The spectrum of ¹⁸O in terms of the multiconfigurational dynamical symmetry

Background: The experimental study of the $^{6}$Li-transfer reaction and alpha-scattering resulted in a rich spectrum of $^{18}$O, including some strong indication for band structure. Different configurations are proposed for the structural interpretation of different energy domains. Purpose: We intend to investigate whether a uniform description is possible for the complete spectrum, including the high-lying states from scattering measurement. Methods: We apply the multiconfigurational dynamical symmetry for the determination of the shape isomers and for the calculation of the spectrum obtained from different reactions.

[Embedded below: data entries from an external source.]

//! One operation carried out on a heap.
ghost use Rattle.std.specs.Prelude.{◌≡◌, ◌++◌, [], None, IfOk, OnOk, OnErr, option_to_list};
ghost use Rattle.std.specs.FinMap.{get};
ghost use Rattle.ownership_model.specs.State.{nothing_held};
ghost use Rattle.ownership_model.specs.Bounds.{PlanFits};
ghost use Rattle.ownership_model.specs.Carry.{IsCarriable};
ghost use Rattle.ownership_model.specs.Alike.{Covers};
ghost use Rattle.ownership_model.specs.Step.{step, carried_out};
ghost use Rattle.ownership_model.specs.Step as Step;
ghost use Rattle.heap_difference.specs.Naming.{op_keys, outcome_keys};
ghost use Rattle.op_step.specs.Meter.{raised};
ghost use Rattle.op_step.specs.Told.{step_keys, carried_keys};

use crate::meter::Meter;
use crate::room::Room;
use crate::rows::plan_in;
use crate::told::{tell_object, tell_unnamed, untell_object};
use object_heap::Heap;
use ownership_model::{Key, Plan};
use std::alloc::{AllocError, Global};
use trace_types::ops::Op;
use trace_types::outcomes::{Counts, Event, Outcome, Reason, Verdict};
use trace_types::sequence::Sequence;

/// Carries out one operation, whose number no object has: the heap afterwards, and what the operation did.
///
/// An operation that can't be done is skipped, and its outcome tells why. The meter is raised by one.
pub fn step(
    alloc: Global,
    heap: &Heap,
    op: &Op,
    meter: &mut Meter,
) -> Result<(Heap, Outcome), AllocError>
    requires { get heap.now.objects op.now.id ≡ None }
    ensures state { IfOk result (λ r. r.0 ≡ (step heap.now op.now).state) }
    ensures outcome { IfOk result (λ r. r.1 ≡ (step heap.now op.now).outcome) }
    ensures counted { OnOk result (meter.new ≡ raised meter.old 1) }
    ensures uncounted { OnErr result (meter.new ≡ meter.old) }
{
    let mut next = heap.share()?;
    let outcome = step_in_place(alloc, &mut next, op, meter)?;
    Ok((next, outcome))
}

/// As `step`, in place. Where memory runs out nothing is held any more.
pub fn step_in_place(
    alloc: Global,
    heap: &mut Heap,
    op: &Op,
    meter: &mut Meter,
) -> Result<Outcome, AllocError>
    requires { get heap.old.objects op.now.id ≡ None }
    ensures state { OnOk result (heap.new ≡ (step heap.old op.now).state) }
    ensures outcome { IfOk result (λ r. r ≡ (step heap.old op.now).outcome) }
    ensures err { OnErr result (heap.new ≡ nothing_held) }
    ensures counted { OnOk result (meter.new ≡ raised meter.old 1) }
    ensures uncounted { OnErr result (meter.new ≡ meter.old) }
{
    let mut room = Room::new(alloc);
    step_in(&mut room, heap, op, meter)
}

/// As `step_in_place`, with what it takes memory for on the way in a room.
pub fn step_in(
    room: &mut Room,
    heap: &mut Heap,
    op: &Op,
    meter: &mut Meter,
) -> Result<Outcome, AllocError>
    requires { get heap.old.objects op.now.id ≡ None }
    ensures state { OnOk result (heap.new ≡ (step heap.old op.now).state) }
    ensures outcome { IfOk result (λ r. r ≡ (step heap.old op.now).outcome) }
    ensures err { OnErr result (heap.new ≡ nothing_held) }
    ensures counted { OnOk result (meter.new ≡ raised meter.old 1) }
    ensures uncounted { OnErr result (meter.new ≡ meter.old) }
{
    match carried(room, heap, op) {
        Ok(outcome) => {
            meter.raise();
            Ok(outcome)
        }
        Err(error) => {
            let_go(heap);
            Err(error)
        }
    }
}

/// As `step_in_place`, and tells what the operation touches, and what it moves or copies beside. Keys that are told already stay, but for
/// what the operation or its outcome names.
///
/// That it may leave out: by `op_keys` and `outcome_keys` a caller has it anyway. It may tell more than that, and the same key more than
/// once. Where memory runs out the keys are unspecified.
pub fn step_told(
    alloc: Global,
    heap: &mut Heap,
    op: &Op,
    meter: &mut Meter,
    keys: &mut Vec<Key>,
) -> Result<Outcome, AllocError>
    requires { get heap.old.objects op.now.id ≡ None }
    ensures state { OnOk result (heap.new ≡ (step heap.old op.now).state) }
    ensures outcome { IfOk result (λ r. r ≡ (step heap.old op.now).outcome) }
    ensures told { IfOk result (λ r. Covers (keys.new.items ++ (op_keys op.now ++ outcome_keys r))
        (keys.old.items ++ step_keys heap.old op.now)) }
    ensures err { OnErr result (heap.new ≡ nothing_held) }

    // The meter counts what was carried out.
    ensures counted { OnOk result (meter.new ≡ raised meter.old 1) }
    ensures uncounted { OnErr result (meter.new ≡ meter.old) }
{
    let mut room = Room::new(alloc);
    step_told_in(&mut room, heap, op, meter, keys)
}

/// As `step_told`, with what it takes memory for on the way in a room.
pub fn step_told_in(
    room: &mut Room,
    heap: &mut Heap,
    op: &Op,
    meter: &mut Meter,
    keys: &mut Vec<Key>,
) -> Result<Outcome, AllocError>
    requires { get heap.old.objects op.now.id ≡ None }
    ensures state { OnOk result (heap.new ≡ (step heap.old op.now).state) }
    ensures outcome { IfOk result (λ r. r ≡ (step heap.old op.now).outcome) }
    ensures told { IfOk result (λ r. Covers (keys.new.items ++ (op_keys op.now ++ outcome_keys r))
        (keys.old.items ++ step_keys heap.old op.now)) }
    ensures err { OnErr result (heap.new ≡ nothing_held) }

    // The meter counts what was carried out.
    ensures counted { OnOk result (meter.new ≡ raised meter.old 1) }
    ensures uncounted { OnErr result (meter.new ≡ meter.old) }
{
    match carried_told(room, heap, op, keys) {
        Ok(outcome) => {
            meter.raise();
            Ok(outcome)
        }
        Err(error) => {
            let_go(heap);
            Err(error)
        }
    }
}

// As `carried`, and tells the keys.
fn carried_told(
    room: &mut Room,
    heap: &mut Heap,
    op: &Op,
    keys: &mut Vec<Key>,
) -> Result<Outcome, AllocError>
    requires { get heap.old.objects op.now.id ≡ None }
    ensures state { OnOk result (heap.new ≡ (step heap.old op.now).state) }
    ensures outcome { IfOk result (λ r. r ≡ (step heap.old op.now).outcome) }
    ensures told { IfOk result (λ r. Covers (keys.new.items ++ (op_keys op.now ++ outcome_keys r))
        (keys.old.items ++ step_keys heap.old op.now)) }
{
    let planned = plan_in(room, heap, op)?;
    tell_unnamed(heap, op.kind(), &planned, keys)?;
    heap.show_sound();
    let outcome = carry_out_told(room, heap, op.id(), planned, keys)?;
    Ok(outcome)
}

// As `carry_out`, and tells what the plan moves and drops. What the outcome names may be left out.
fn carry_out_told(
    room: &mut Room,
    heap: &mut Heap,
    id: u32,
    plan: Plan,
    keys: &mut Vec<Key>,
) -> Result<Outcome, AllocError>
    requires carriable { IsCarriable heap.old plan }
    requires fits { PlanFits plan }
    ensures state { OnOk result (heap.new ≡ (carried_out heap.old id plan).state) }
    ensures outcome { IfOk result (λ r. r ≡ (carried_out heap.old id plan).outcome) }
    ensures told { IfOk result (λ r. Covers (keys.new.items ++ outcome_keys r)
        (keys.old.items ++ carried_keys heap.old plan)) }
{
    match plan {
        Plan::Skip(reason) => Ok(skipped(room.alloc(), id, reason)),
        Plan::Act {
            answer,
            changes,
            event,
            pending,
            object,
        } => {
            let alloc = room.alloc();
            let work = room.work();
            tell_object(object, keys)?;
            let released = heap.release_told(
                alloc,
                work,
                changes.as_slice(),
                pending.as_slice(),
                keys,
            )?;
            untell_object(object, keys);
            room.give_back(changes.into_vec(), pending.into_vec());
            Ok(Outcome {
                id,
                verdict: Verdict::Did(answer),
                events: with_named(alloc, event, released)?,
                counts: counts_of(heap, object),
            })
        }
    }
}

// Plans an operation and carries it out. Where memory runs out it isn't told what the heap holds.
fn carried(room: &mut Room, heap: &mut Heap, op: &Op) -> Result<Outcome, AllocError>
    requires { get heap.old.objects op.now.id ≡ None }
    ensures state { OnOk result (heap.new ≡ (step heap.old op.now).state) }
    ensures outcome { IfOk result (λ r. r ≡ (step heap.old op.now).outcome) }
{
    let planned = plan_in(room, heap, op)?;
    heap.show_sound();
    let outcome = carry_out(room, heap, op.id(), planned)?;
    Ok(outcome)
}

// Not inlined, so that a step has no room for a second heap.
#[inline(never)]
fn let_go(heap: &mut Heap)
    ensures { heap.new ≡ nothing_held }
{
    *heap = Heap::empty();
}

fn carry_out(room: &mut Room, heap: &mut Heap, id: u32, plan: Plan) -> Result<Outcome, AllocError>
    requires carriable { IsCarriable heap.old plan }
    requires fits { PlanFits plan }
    ensures state { OnOk result (heap.new ≡ (carried_out heap.old id plan).state) }
    ensures outcome { IfOk result (λ r. r ≡ (carried_out heap.old id plan).outcome) }
{
    match plan {
        Plan::Skip(reason) => Ok(skipped(room.alloc(), id, reason)),
        Plan::Act {
            answer,
            changes,
            event,
            pending,
            object,
        } => {
            let alloc = room.alloc();
            let work = room.work();
            let released = heap.release_on(alloc, work, changes.as_slice(), pending.as_slice())?;
            room.give_back(changes.into_vec(), pending.into_vec());
            Ok(Outcome {
                id,
                verdict: Verdict::Did(answer),
                events: with_named(alloc, event, released)?,
                counts: counts_of(heap, object),
            })
        }
    }
}

fn skipped(alloc: Global, id: u32, reason: Reason) -> Outcome
    ensures { result ≡ record {
      id = id;
      verdict = Verdict.Skipped reason;
      events = [];
      counts = None;
    } }
{
    Outcome {
        id,
        verdict: Verdict::Skipped(reason),
        events: Sequence::empty(alloc),
        counts: None,
    }
}

// The event that an operation names itself comes before those of what it drops.
#[inline(always)]
fn with_named(
    alloc: Global,
    event: Option<Event>,
    released: Sequence<Event>,
) -> Result<Sequence<Event>, AllocError>
    ensures { IfOk result (λ s. s ≡ option_to_list event ++ released) }
{
    let Some(event) = event else {
        return Ok(released);
    };
    let mut events = vec![in alloc; event]?;
    events.extend_from_slice(released.as_slice())?;
    Ok(Sequence::from_vec(events))
}

fn counts_of(heap: &Heap, object: Option<u32>) -> Option<Counts>
    ensures { result ≡ Step.counts_of heap.now object }
{
    match object {
        None => None,
        Some(object) => Some(heap.counts(object)),
    }
}
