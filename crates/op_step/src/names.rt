//! Handles that one operation names twice.
ghost use Rattle.std.specs.Prelude.{◌≡◌, ◌==◌, [], ◌∷◌};
ghost use Rattle.std.specs.List.{list_any};
ghost use Rattle.ownership_model.specs.View.{held_fields, repeated_in};
ghost use Rattle.ownership_model.specs.View as View;

use trace_types::kinds::{Field, Kind};

/// The first handle that repeats an earlier one of the same operation. Only `ptr_eq` may name a handle twice.
pub fn repeated(kind: &Kind) -> Option<u32>
    ensures { result ≡ View.repeated kind.now }
{
    match kind {
        Kind::New { to, fields } | Kind::NewCyclic { to, fields } => {
            repeated_field(*to, fields.as_slice())
        }
        Kind::NewFrom { from, to }
        | Kind::Clone { from, to }
        | Kind::Downgrade { from, to }
        | Kind::Upgrade { from, to } => repeated_pair(*from, *to),
        Kind::Set { h, i: _, from } => repeated_pair(*h, *from),
        Kind::Take { h, i: _, to } | Kind::Get { h, i: _, to } => repeated_pair(*h, *to),
        Kind::CellSwap { c: _, from, to } => match to {
            Some(to) => repeated_pair(*from, *to),
            None => None,
        },
        Kind::CellCas {
            c: _,
            expected,
            desired,
        } => repeated_pair(*expected, *desired),
        Kind::WeakNew { to: _ }
        | Kind::Null { to: _ }
        | Kind::Drop { h: _ }
        | Kind::TryUnwrap { h: _ }
        | Kind::IntoInner { h: _ }
        | Kind::GetMut { h: _ }
        | Kind::MakeMut { h: _ }
        | Kind::Counts { h: _ }
        | Kind::PtrEq { a: _, b: _ }
        | Kind::CellNew { c: _, from: _ }
        | Kind::CellLoad { c: _, to: _ }
        | Kind::CellDrop { c: _ }
        | Kind::ScopeEnd => None,
    }
}

fn repeated_pair(first: u32, second: u32) -> Option<u32>
    ensures { result ≡ repeated_in [] (first ∷ second ∷ []) }
{
    if first == second { Some(second) } else { None }
}

// A handle of the fields that `to` or an earlier field names.
fn repeated_field(to: u32, fields: &[Field]) -> Option<u32>
    ensures { result ≡ repeated_in [] (to ∷ held_fields fields.now) }
{
    for (place, field) in fields.iter().enumerate() {
        if let Field::Held(h) = field {
            if is_named(*h, to, &fields[..place]) {
                return Some(*h);
            }
        }
    }
    None
}

fn is_named(h: u32, to: u32, earlier: &[Field]) -> bool
    ensures { result ≡ list_any (λ b. b == h) (to ∷ held_fields earlier.now) }
{
    h == to || is_field(h, earlier)
}

fn is_field(h: u32, fields: &[Field]) -> bool
    ensures { result ≡ list_any (λ b. b == h) (held_fields fields.now) }
{
    for field in fields {
        if let Field::Held(named) = field {
            if *named == h {
                return true;
            }
        }
    }
    false
}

Results: The shape isomers of $^{18}$O is obtained from the study of the stability and self-consistency of the SU(3) symmetry, which is in the intersection of the shell and different cluster configurations. The $^{14}$C+$^{4}$He spectrum is calculated, and its connection to other configurations is revealed. A very simple Hamiltonian is applied, including only a harmonic oscillator term, a quadrupole interaction and an $L^2$ term. Conclusions: The spectrum (from the ground state up to the high-lying states) can be reasonably well described by a $^{14}$C+$^{4}$He cluster configuration. All the state allows the $^{12}$C+$2n$+$^{4}$He clusterization as well, and has definite shell model content. For the lowest-lying three bands the shell configuration is unique, and the overlap of the shell and the different cluster configurations is 100%.